There are primarily two types of set-off provisions:
1. Inter-head Set-off: This refers to the set-off of losses from one head of income against
income from another head of income. For example, losses from business or profession can
be set off against income from salary or capital gains.
2. Intra-head Set-off: This involves setting off losses within the same head of income. For
instance, short-term capital losses can be set off against short-term capital gains or long-
term capital gains.
The Income Tax Act specifies various rules and conditions regarding the set-off of losses,
such as the carry-forward period for losses, restrictions on set-off of certain types of losses,
and the order of set-off. It’s important for taxpayers to understand these provisions to
optimize their tax planning and minimize their tax liability.

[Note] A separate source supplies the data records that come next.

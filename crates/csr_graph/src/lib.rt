//! The arcs that leave each vertex, in rows.
//!
//! A `Csr` is a directed graph in compressed sparse rows: the arcs that leave a vertex are one run of places, from
//! `first` to `end`, in the order in which they were given. It is built by one thread, by several, or of each arc along
//! and against, and made anew with arcs removed and added.
#![tactic(auto)]

mod bin_sort;
mod binning;
mod bounds;
mod changes;
mod csr;
mod free;
pub mod laws;
mod lists;
mod near_sort;
mod part_sort;
mod sort;
mod target;

pub use bounds::{Bounds, FINITE_CELLS};
pub use csr::Csr;
pub use route_walks::{MAX_ARCS, MAX_VERTICES};
pub use target::Target;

What are the exceptions to Intra-head set off?
Under the Income Tax Act, there are certain exceptions to the intra-head set-off of losses.
These exceptions limit the ability of taxpayers to set off losses within the same head of
income. Some of the key exceptions include:
1. Speculative Business Losses: Losses incurred from speculative business activities cannot be
set off against any other income except speculative business income. Speculative business
includes activities where there is a significant element of speculation, such as trading in
derivatives or commodities.
2. Long-term Capital Losses: Long-term capital losses cannot be set off against any other
income except long-term capital gains. However, if there are no long-term capital gains to
set off against, the unadjusted long-term capital losses can be carried forward for up to eight
assessment years, immediately succeeding the assessment year in which the loss was
incurred.
3. Losses from owning and maintaining racehorses: Losses incurred from owning and
maintaining racehorses can only be set off against income from owning and maintaining
racehorses. They cannot be set off against any other income.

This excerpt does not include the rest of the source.